Nov 7, 2016

Violent Delights

Sometimes a cigar is just a cigar.
Last month, I blogged about the fact that I would not be watching HBOs Westworld. However, I have been able to follow the story in the written format of online accounts of what has appeared on the screen. Sadly, the whole Westworld phenomenon is just another rehash of the "robots will revolt" trope that Hollywood has recycled for the past 100 years.

Artificial Life
Back in the previous millennium, a few nerds like Alan Turing first realized that it might be possible to use electronic computing devices to simulate human thought processes and complex behaviors such as using language. The flood gates opened and we have had an endless stream of fictional accounts of artificial life forms that have the look and feel of a human being.

The Year of Reason
Of course, humanoid robots that think and behave like humans are only the stuff of fiction. Back in 1950, Turing guessed that by the year 2000 there might be a computer program that could hold up its end of a conversation and trick a human being into believing that he/she was talking to another human. Somehow, the dream of manufacturing a human-like machine is always out of our grasp, another 50 years in the future.

A hundred years ago, when a story writer needed to send a character to a distant planet, some poor scientist was confined to his garage for a year and then, presto, the needed spaceship was ready to go. Sadly for Hollywood, the real world space race occurred and everyone in the world got to see how difficult it is to leave Earth and travel to the stars. The rogue genius scientist who can make a spaceship in his garage is no longer a viable plot element, even in Hollywood.

How Hard Can It Be?
If anything, making a machine with a human-like mind and body is even more difficult than making a spaceship. Most physicists are convinced that no spaceship will ever travel faster than the speed of light. Another Sci Fi oldie is the aircar, a cheap device that flies from city to city in the same way that an automobile drives down a road. The fundamental physics of the situation allow us to have cheap ground cars, but the cheap aircar for everyman is just fiction. Similarly, there is no good reason to believe that it will ever become cheap and easy to endow electronic computers with the power to replicate human thought and behavior.

The Garland Test: can a Hollywood flick $ay anything
intelligent or would that $poil the bottom line?
However, Hollywood still pretends that the lone genius, working in his garage, can make a machine with a human mind. We were subjected to this Hollywood fantasy in last year's Ex Machina.

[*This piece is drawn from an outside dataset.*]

// Which call record of a checkpoint salvage keeps where several have one pair and long Call ID (request A13).
#![tactic(auto)]

pub mod choosing;
pub mod naming;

In the case of Westworld, that genius might be "Arnold" (Arnold Weber was given a 'second life' as Bernard), a dude whose technical work is conveniently kept off screen, so he need not look as silly as Oscar Isaac did while pretending to be a genius programmer in Ex Machina. So far, all Arnold is seen doing is talking to 'hosts'. Yawn.

Violent Delights
My hope was that Arnold would be the Westworld partner who died by "suicide" and that his death was similar to what I described for Gohrlay. {if Arnold's death was 'suicide', it was apparently accomplished by 'giving' Dolores consciousness and allowing her to kill Arnold. Or something... if confused, just wait for Season 2! And wait... theoretically in 2018} My imagination suggested to me that maybe Arnold had his brain "scanned" so that it could become the template for all the artificial brains of Westworld's Hosts, but that would make too much sense for an HBO show.

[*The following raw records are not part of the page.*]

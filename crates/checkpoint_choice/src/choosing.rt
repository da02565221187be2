// Which of the calls of one pair and long Call ID is kept. What is asked of each record is computed once, into arrays:
// a checkpoint has up to 4,095 calls and 65,535 connections. A record is compared with those of its chain alone, where
// they stand in the checkpoint.
ghost use Rattle.std.specs.Prelude.{◌≡◌, true, ◌+◌, ◌*◌, ◌<◌, ◌≤◌, length, replicate};
ghost use Rattle.lists.specs.Count.{bit};
ghost use Rattle.table.specs.Lists.{ids_of};
ghost use Rattle.table.specs.Rules.{same_long, rules_hold};
ghost use Rattle.table.specs.Words.{table_of};
ghost use Rattle.spec_checkpoint.specs.Layout.{call_record};
ghost use Rattle.spec_checkpoint.specs.Salvage.{sound_alone};
ghost use Rattle.checkpoint_records.specs.Record.{read_of};
ghost use Rattle.checkpoint_choice.specs.Ranked.{Filled, is_better, is_best};
ghost use Rattle.checkpoint_choice.specs.LongChain.{long_chain, chain_of, LongChains};

use checkpoint_chains::{Factors, mixed, spread};
use checkpoint_records::call::CallRecord;
use checkpoint_records::calls::CallRecords;
use checkpoint_salvage::placing::sound_alone;
use table::layout::Words;

// 1 for each record that is sound alone: in a fresh table, which keeps the rules and has no call. The caller lends the
// flags, to save stack: what they hold before does not matter.
pub fn sound_flags(t: &Words, c: CallRecords, flags: &mut [u8; 4096])
    requires { (rules_hold (table_of t.now) ≡ true) × ((table_of t.now).occupied ≡ replicate 4 0) }
    ensures { Filled (λ j. bit (sound_alone (table_of t.now) (call_record c.entry.bytes.now j))) flags.new c.entry.calls }
{
    for i in 0..c.calls {
        flags[i] = u8::from(sound_alone(t, c.call(i)));
    }
}

// Two records have the same pair and long Call ID.
fn same_long(r: CallRecord, q: CallRecord) -> bool
    ensures { result ≡ same_long (ids_of (read_of r.entry).call) (ids_of (read_of q.entry).call) }
{
    let pair = (r.endpoint() == q.endpoint()) & (r.sender() == q.sender());
    pair && r.name() == q.name()
}

// Record j is kept rather than record i. Names are compared last.
#[tactic(auto, unfolding(crate::specs::Ranked::is_better))]
fn is_better(c: CallRecords, sound: &[u8; 4096], named: &[u16; 4096], i: usize, j: usize) -> bool
    requires { (i < c.calls) × (j < c.calls) }
    ensures { result ≡ is_better c.entry.bytes.now sound.now named.now i j }
{
    let m = named[i];
    let n = named[j];
    let ahead = (sound[j] == 1) & ((m < n) | ((m == n) & (j < i)));
    ahead && same_long(c.call(j), c.call(i))
}

// The chain of a record's pair and long Call ID, one of 1,024.
fn long_chain(f: Factors, r: CallRecord) -> usize
    ensures { (result ≡ long_chain f (ids_of (read_of r.entry).call)) × (result < 1024) }
{
    let name = r.name();
    let mut sum: u32 = 0;
    for b in name {
        sum = mixed(f, sum, u32::from(*b));
    }
    spread(f, r.endpoint(), r.sender(), sum, 0) / 2
}

// The flag of the records that go into the chains.
const CHAINED: u8 = 1;

// The records that are sound in chains by pair and long Call ID, the last record first, so that a walk meets the first
// record first, the one kept of those that are named alike. One that is not sound is never better than another: no walk
// need pass it. Place k in the chains is for record c.calls - 1 - k. The caller lends heads of zeros, and links: what
// these hold before does not matter.
pub fn long_chains(
    c: CallRecords,
    f: Factors,
    sound: &[u8; 4096],
    heads: &mut [u16; 1024],
    links: &mut [u16; 4096],
)
    requires { heads.old ≡ replicate 1024 0 }
    ensures { LongChains f c.entry.bytes.now sound.now heads.new links.new c.entry.calls }
{
    for k in 0..c.calls {
        let i = c.calls - 1 - k;
        if sound[i] == CHAINED {
            let m = long_chain(f, c.call(i));
            links[k] = heads[m];
            heads[m] = (k + 1) as u16;
        }
    }
}

// Record i is kept. Whoever is better is sound and has the same pair and long Call ID, so that the walk through the
// chain meets it. The chains are those that `long_chains` made.
// Kept: a walk along links, which has no index to count. They are numbers, 0 for none: an `Option` in each of the 5,120
// places would take twice the stack.
pub fn is_best(
    c: CallRecords,
    f: Factors,
    heads: &[u16; 1024],
    links: &[u16; 4096],
    sound: &[u8; 4096],
    named: &[u16; 4096],
    i: usize,
) -> bool
    requires { (i < c.calls) × LongChains f c.bytes.now sound.now heads.now links.now c.calls }
    ensures { result ≡ is_best c.entry.bytes.now sound.now named.now c.entry.calls i }
{
    if sound[i] != 1 {
        return false;
    }
    let mut e = usize::from(heads[long_chain(f, c.call(i))]);
    while e != 0 {
        if is_better(c, sound, named, i, c.calls - e) {
            return false;
        }
        e = usize::from(links[e - 1]);
    }
    true
}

HBO corporate: no computer programming required,
just plenty of sex and violence.
Programming Division
In Westworld, the Programming Division at Westworld Mesa Hub seems to not be a very serious enterprise. The Host androids seem to be created by magic, arriving fully programmed with human-like minds and memories and behaviors, apparently arranged by a Hollywood casting call. I don't think the folks at HBO plan to "science the shit out of" artificial intelligence.

First Contact
The goal of HBO's Westworld does not seem to be a science fiction exploration of artificial life, but rather a recursive and self-referential exploration of the entertainment industry. HBO's Bicameral Entertainment: they can sell T-shirts that say "Consciousness through Suffering" on one side and "Profits through Violence" on the other side.